Accettare per ripartire: accettazione e nuovi scopi

Uno dei concetti più interessanti e fruttuosi nell’ambito della psicologia clinica degli ultimi anni è senza dubbio quello di “accettazione”. Questo termine apparentemente comune ha però un significato peculiare nel campo del supporto psicologico. Scopriamo in pochi passi in cosa consiste!

Come ci insegnano importanti nomi della psicologia italiana come Cristiano Castelfranchi, il comportamento di tutti noi esseri umani è guidato da scopi. Che sia lo scopo di laurearsi, di essere sempre puntuali, o di preparare un piatto di pasta per ora di pranzo, ogni giorno della nostra vita è determinato da piccoli e grandi scopi che seguiamo e perseguiamo in modo consapevole e inconsapevole.

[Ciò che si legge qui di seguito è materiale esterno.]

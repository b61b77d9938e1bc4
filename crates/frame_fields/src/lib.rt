// Field 5 of a frame, cycle by cycle: its bits, and the groups of a front-end frame.
#![tactic(auto)]

ghost use Rattle.std.specs.Prelude.{◌≡◌, ◌<◌};
ghost use Rattle.recogniser.specs.Groups.{frame_cycle_of, frame_field_of};

use recogniser::{Event, FrameBit, Phase, Recogniser, Request, SlowRequest, Transition};

// One cycle of a frame's Field 5, by the frame bit that it stores and what it leaves of the groups.
fn frame_cycle(r: Recogniser, frame: FrameBit, group: u8, unsteady: bool, cnt: u16) -> Transition
    ensures { result ≡ frame_cycle_of r frame group unsteady cnt }
{
    if r.ends(cnt) {
        return Transition {
            next: Recogniser::start(Phase::Hunt, 0, 0, 0),
            event: Event {
                frame: frame,
                request: Request::Slow {
                    slow: SlowRequest::Frame {
                        command: r.command,
                        unsteady: unsteady,
                    },
                },
            },
        };
    }
    let mut next = r;
    next.unsteady = unsteady;
    next.group = group;
    next.count = r.count + 1;
    Transition {
        next: next,
        event: Event {
            frame: frame,
            request: Request::Nothing,
        },
    }
}

// Field 5 of a frame: a WrReceiver's bit, the eighth cycle of a group, or another.
pub fn frame_field(r: Recogniser, bit: u8, cnt: u16) -> Transition
    requires { bit < 2 }
    ensures { result ≡ frame_field_of r bit cnt }
{
    if r.command == 6 {
        let frame = FrameBit::At {
            place: r.count,
            bit: bit as u32,
        };
        return frame_cycle(r, frame, 0, false, cnt);
    }
    let group = groups::held_with(r.group, bit);
    if r.count % 8 == 7 {
        let frame = FrameBit::At {
            place: r.count / 8,
            bit: groups::vote(group) as u32,
        };
        return frame_cycle(r, frame, 0, r.unsteady | groups::is_unsteady(group), cnt);
    }
    frame_cycle(r, FrameBit::None, group, r.unsteady, cnt)
}
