// Whether components and edges are those of types and links: each walk takes from a list what it
// must begin with.
ghost use Rattle.std.specs.Prelude.{◌≡◌, ◌↔◌, ◌++◌, List, ◌∷◌, IsTrue, IsSome, IfSome};
ghost use Rattle.arch_model.specs.Template.{components_of, instances_of_type, instances_of, edges_of, edges_of_link};
ghost use Rattle.arch_model.specs.Template.{instance_of_type, edge_of, edges_to};

use crate::library::{LinkRow, TypeRow};
use crate::template::{Component, Edge};

// Whether a component is instance `index` of type number t.
fn is_expected(component: &Component, t: usize, index: u32, row: &TypeRow) -> bool
    ensures { IsTrue result ↔ (component.now ≡ instance_of_type t row.now index) }
{
    if component.of as usize != t || component.index != index || component.role != row.role {
        return false;
    }
    if component.cost != row.cost || component.supply != row.supply {
        return false;
    }
    component.demand == row.demand && component.fail == row.fail
}

// What follows instance `index` of type number t, if a list begins with it.
fn after_instance<'a>(
    list: &'a [Component],
    t: usize,
    index: u32,
    row: &TypeRow,
) -> Option<&'a [Component]>
    ensures some { IfSome result (λ rest. list.now ≡ instance_of_type t row.now index ∷ rest.now) }
    ensures none { (rest : List Component) → list.now ≡ instance_of_type t row.now index ∷ rest → IsSome result }
{
    let (first, rest) = list.split_first()?;
    if is_expected(first, t, index, row) {
        Some(rest)
    } else {
        None
    }
}

// What follows the instances of type number t, if a list begins with them.
fn after_instances<'a>(list: &'a [Component], t: usize, row: &TypeRow) -> Option<&'a [Component]>
    ensures some { IfSome result (λ rest. list.now ≡ instances_of_type t row.now ++ rest.now) }
    ensures none { (rest : List Component) → list.now ≡ instances_of_type t row.now ++ rest → IsSome result }
{
    let mut rest = list;
    for i in 0..row.max {
        rest = after_instance(rest, t, i + 1, row)?;
    }
    Some(rest)
}

// What follows the instances of all types, if a list begins with them.
fn after_all<'a>(list: &'a [Component], types: &[TypeRow]) -> Option<&'a [Component]>
    ensures some { IfSome result (λ rest. list.now ≡ components_of types.now ++ rest.now) }
    ensures none { (rest : List Component) → list.now ≡ components_of types.now ++ rest → IsSome result }
{
    let mut rest = list;
    for (t, row) in types.iter().enumerate() {
        rest = after_instances(rest, t, row)?;
    }
    Some(rest)
}

// Whether some components are those of some types.
pub(super) fn are_components(components: &[Component], types: &[TypeRow]) -> bool
    ensures { IsTrue result ↔ (components.now ≡ components_of types.now) }
{
    match after_all(components, types) {
        Some(rest) => rest.is_empty(),
        None => false,
    }
}

// Whether an edge is that of a link between two components.
fn is_edge(edge: &Edge, link: &LinkRow, tail: usize, head: usize) -> bool
    ensures { IsTrue result ↔ (edge.now ≡ edge_of link.now tail head) }
{
    if edge.tail.0 as usize != tail || edge.head.0 as usize != head {
        return false;
    }
    edge.cost == link.cost && edge.fail == link.fail
}

// What follows the edge of a link between two components, if a list begins with it.
fn after_edge<'a>(list: &'a [Edge], link: &LinkRow, tail: usize, head: usize) -> Option<&'a [Edge]>
    ensures some { IfSome result (λ rest. list.now ≡ edge_of link.now tail head ∷ rest.now) }
    ensures none { (rest : List Edge) → list.now ≡ edge_of link.now tail head ∷ rest → IsSome result }
{
    let (first, rest) = list.split_first()?;
    if is_edge(first, link, tail, head) {
        Some(rest)
    } else {
        None
    }
}

// What follows the edges of a link that leave one component, if a list begins with them.
fn after_heads<'a>(
    list: &'a [Edge],
    components: &[Component],
    link: &LinkRow,
    tail: usize,
) -> Option<&'a [Edge]>
    ensures some { IfSome result (λ rest.
        list.now ≡ edges_to link.now tail (instances_of components.now link.now.to) ++ rest.now) }
    ensures none { (rest : List Edge)
        → list.now ≡ edges_to link.now tail (instances_of components.now link.now.to) ++ rest → IsSome result }
{
    let mut rest = list;
    for (head, component) in components.iter().enumerate() {
        if component.of == link.to && head != tail {
            rest = after_edge(rest, link, tail, head)?;
        }
    }
    Some(rest)
}

// What follows the edges of one link, if a list begins with them.
fn after_link<'a>(list: &'a [Edge], components: &[Component], link: &LinkRow) -> Option<&'a [Edge]>
    ensures some { IfSome result (λ rest. list.now ≡ edges_of_link components.now link.now ++ rest.now) }
    ensures none { (rest : List Edge) → list.now ≡ edges_of_link components.now link.now ++ rest → IsSome result }
{
    let mut rest = list;
    for (tail, component) in components.iter().enumerate() {
        if component.of == link.from {
            rest = after_heads(rest, components, link, tail)?;
        }
    }
    Some(rest)
}

// What follows the edges of all links, if a list begins with them.
fn after_links<'a>(
    list: &'a [Edge],
    components: &[Component],
    links: &[LinkRow],
) -> Option<&'a [Edge]>
    ensures some { IfSome result (λ rest. list.now ≡ edges_of components.now links.now ++ rest.now) }
    ensures none { (rest : List Edge) → list.now ≡ edges_of components.now links.now ++ rest → IsSome result }
{
    let mut rest = list;
    for link in links {
        rest = after_link(rest, components, link)?;
    }
    Some(rest)
}

// Whether some edges are those of some links between some components.
pub(super) fn are_edges(edges: &[Edge], components: &[Component], links: &[LinkRow]) -> bool
    ensures { IsTrue result ↔ (edges.now ≡ edges_of components.now links.now) }
{
    match after_links(edges, components, links) {
        Some(rest) => rest.is_empty(),
        None => false,
    }
}
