// Rows in their ranges.
ghost use Rattle.std.specs.Prelude.{◌≡◌, ◌≢◌, ◌≤◌, ◌<◌, ◌^◌, ◌↔◌, ◌++◌, IsTrue, length, map, slice_get};
ghost use Rattle.std.specs.Prelude.{count_by, nat_lt};
ghost use Rattle.std.specs.List.{All, AllPairs};
ghost use Rattle.std.specs.Option.{IsSomeAnd};
ghost use Rattle.arch_model.specs.Library.{IsTypeRow, IsLinkRow, IsPatternRow, AreBounds};

use crate::library::{LinkRow, Pattern, Requirement, TypeRow};
use crate::limits::{COMPONENTS, EDGES, FAILING};
use crate::sets::CompId;
use crate::template::{Component, Edge, Role};

// The greatest cost of one thing, and the greatest supply and demand.
const MOST: u64 = 1_000_000_000_000;

// Parts per million of what always fails.
const ALWAYS: u32 = 1_000_000;

// The greatest least or greatest number of a pattern.
const GREATEST_BOUND: u32 = 512;

// Whether a type's numbers are in range.
fn is_type_row(row: &TypeRow) -> bool
    ensures { IsTrue result ↔ IsTypeRow row.now }
{
    let _text = row.name.text();
    if row.max < 1 || row.max > 64 {
        return false;
    }
    if row.cost > MOST || row.supply > MOST || row.demand > MOST {
        return false;
    }
    row.fail <= ALWAYS
}

// Whether the numbers of all types are in range.
pub(super) fn are_type_rows(types: &[TypeRow]) -> bool
    ensures { IsTrue result ↔ All IsTypeRow types.now }
{
    types.iter().all(is_type_row)
}

// Whether no type of some earlier ones has a type's name.
fn is_new_name(earlier: &[TypeRow], row: &TypeRow) -> bool
    ensures { IsTrue result ↔ All (λ a. a.name ≢ row.now.name) earlier.now }
{
    earlier
        .iter()
        .all(|other| other.name.text() != row.name.text())
}

// Whether no two types have one name.
pub(super) fn names_differ(types: &[TypeRow]) -> bool
    ensures { IsTrue result ↔ AllPairs (λ a b. a.name ≢ b.name) types.now }
{
    for (i, row) in types.iter().enumerate() {
        if !is_new_name(&types[..i], row) {
            return false;
        }
    }
    true
}

// Whether a link's numbers are in range, for n types.
fn is_link_row(row: &LinkRow, n: usize) -> bool
    ensures { IsTrue result ↔ IsLinkRow n row.now }
{
    (row.from as usize) < n && (row.to as usize) < n && row.cost <= MOST && row.fail <= ALWAYS
}

// Whether the numbers of all links are in range, for n types.
pub(super) fn are_link_rows(links: &[LinkRow], n: usize) -> bool
    ensures { IsTrue result ↔ All (IsLinkRow n) links.now }
{
    links.iter().all(|row| is_link_row(row, n))
}

// Whether no link of some earlier ones has a link's two ends.
fn has_new_ends(earlier: &[LinkRow], row: &LinkRow) -> bool
    ensures { IsTrue result ↔ All (λ a. a.from ≡ row.now.from → a.to ≢ row.now.to) earlier.now }
{
    earlier
        .iter()
        .all(|other| other.from != row.from || other.to != row.to)
}

// Whether no two links have the same two ends.
pub(super) fn ends_differ(links: &[LinkRow]) -> bool
    ensures { IsTrue result ↔ AllPairs (λ a b. a.from ≡ b.from → a.to ≢ b.to) links.now }
{
    for (i, row) in links.iter().enumerate() {
        if !has_new_ends(&links[..i], row) {
            return false;
        }
    }
    true
}

// Whether the least and greatest numbers of a pattern are in range.
fn are_bounds(min: u32, max: Option<u32>) -> bool
    ensures { IsTrue result ↔ AreBounds min max }
{
    match max {
        Some(max) => min <= GREATEST_BOUND && max <= GREATEST_BOUND,
        None => min <= GREATEST_BOUND,
    }
}

// Whether a type's number is in range.
fn is_type(of: u32, n: usize) -> bool
    ensures { IsTrue result ↔ (of < n) }
{
    (of as usize) < n
}

// Whether a pattern's numbers are in range, for n types and k components.
fn is_pattern_row(pattern: &Pattern, n: usize, k: usize) -> bool
    ensures { IsTrue result ↔ IsPatternRow n k pattern.now }
{
    match *pattern {
        Pattern::Count { of, min, max } => is_type(of, n) && are_bounds(min, max),
        Pattern::InDegree { of, from, min, max } => {
            is_type(of, n) && is_type(from, n) && are_bounds(min, max)
        }
        Pattern::OutDegree { of, to, min, max } => {
            is_type(of, n) && is_type(to, n) && are_bounds(min, max)
        }
        Pattern::InNeedsOut { of, from, to } => {
            is_type(of, n) && is_type(from, n) && is_type(to, n)
        }
        Pattern::Exclusive { of, a, b } => {
            is_type(of, n) && is_type(a, n) && is_type(b, n) && a != b
        }
        Pattern::Implies { a, b } => is_type(a, n) && is_type(b, n),
        Pattern::Forbid { tail, head } => is_type(tail.0, k) && is_type(head.0, k),
        Pattern::TotalSupply => true,
        Pattern::LocalSupply { of } => is_type(of, n),
        Pattern::CostCap { max } => max <= 1_000_000_000_000_000,
    }
}

// Whether the numbers of all patterns are in range, for n types and k components.
pub(super) fn are_pattern_rows(patterns: &[Pattern], n: usize, k: usize) -> bool
    ensures { IsTrue result ↔ All (IsPatternRow n k) patterns.now }
{
    patterns.iter().all(|pattern| is_pattern_row(pattern, n, k))
}

// Whether component c is a sink.
fn is_sink(components: &[Component], c: CompId) -> bool
    ensures { IsTrue result ↔ IsSomeAnd (slice_get components.now c.0) (λ row. row.role ≡ Role.Sink) }
{
    match components.get(c.0 as usize) {
        Some(row) => row.role == Role::Sink,
        None => false,
    }
}

// Whether each requirement is of a sink.
pub(super) fn are_sinks(requirements: &[Requirement], components: &[Component]) -> bool
    ensures { IsTrue result
        ↔ All (λ r. IsSomeAnd (slice_get components.now r.sink.0) (λ row. row.role ≡ Role.Sink)) requirements.now }
{
    requirements.iter().all(|r| is_sink(components, r.sink))
}

// Whether the bound of each requirement is at most 1.
pub(super) fn have_bounds(requirements: &[Requirement]) -> bool
    ensures { IsTrue result ↔ All (λ r. r.bound ≤ 10 ^ 18) requirements.now }
{
    requirements
        .iter()
        .all(|r| r.bound <= 1_000_000_000_000_000_000)
}

// Whether at most as many members fail at all as may.
pub(super) fn few_may_fail(components: &[Component], edges: &[Edge]) -> bool
    requires few_components { length components.now ≤ COMPONENTS }
    requires few_edges { length edges.now ≤ EDGES }
    ensures { IsTrue result
        ↔ (count_by (λ p. nat_lt 0 p) (map (λ c. c.fail) components.now ++ map (λ e. e.fail) edges.now) ≤ FAILING) }
{
    let components = components.iter().filter(|c| 0 < c.fail).count();
    let edges = edges.iter().filter(|e| 0 < e.fail).count();
    components + edges <= FAILING
}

Vi sono tuttavia degli scopi i quali possono talvolta non essere più perseguiti, per svariate ragioni. La causa più frequente è che magari non vi sono più delle risorse o dei fattori interni o esterni che fino a quel momento ci permettevano di perseguire quello scopo. Eppure molto spesso si tende a voler continuare a battere la strada di quello scopo, come per inerzia, continuando ad investire per molto tempo una grossa quota di emozioni e sforzi pur sapendo di incappare in un vicolo cieco e dunque nella frustrazione; questo perché certi scopi possono apparirci “irrevocabili”. L’esempio più “banale”, e dunque più comprensibile, è quello della chiusura di una relazione sentimentale: la fine di una relazione amorosa, specialmente di lunga durata, può richiedere una graduale elaborazione “fisiologica” che può durare anche un anno circa. Tuttavia diverse persone si ritrovano dopo ancora più tempo chiuse nell’impasse della mancata elaborazione della rottura del legame, cadendo in uno stato di tristezza che da fisiologica, necessaria e transitoria diviene perdurante e disfunzionale: la disfunzionalità di questa situazione è tale in quanto impedisce alla persona di investire risorse emotive, mentali e comportamentali su nuovi obiettivi e nuovi scopi, sia di tipo relazionale sia di altra natura. È come se una parte della nostra mente si ostinasse a impattare con una parete infrangibile, sperando che ciò possa cambiare qualcosa: in tal caso l’impatto col muro è rappresentato dal ruminare costantemente su ricordi di ciò che si è perso o ruminare su possibilità future irrealizzabili o altamente improbabili, con tutto il carico di angoscia, tristezza e ansia che ciò comporta. Tutto questo, sulla lunga distanza, impoverisce la vita e la sfera emotiva, bloccandoci in un cul-de-sac. È qui che entra in gioco l’accettazione.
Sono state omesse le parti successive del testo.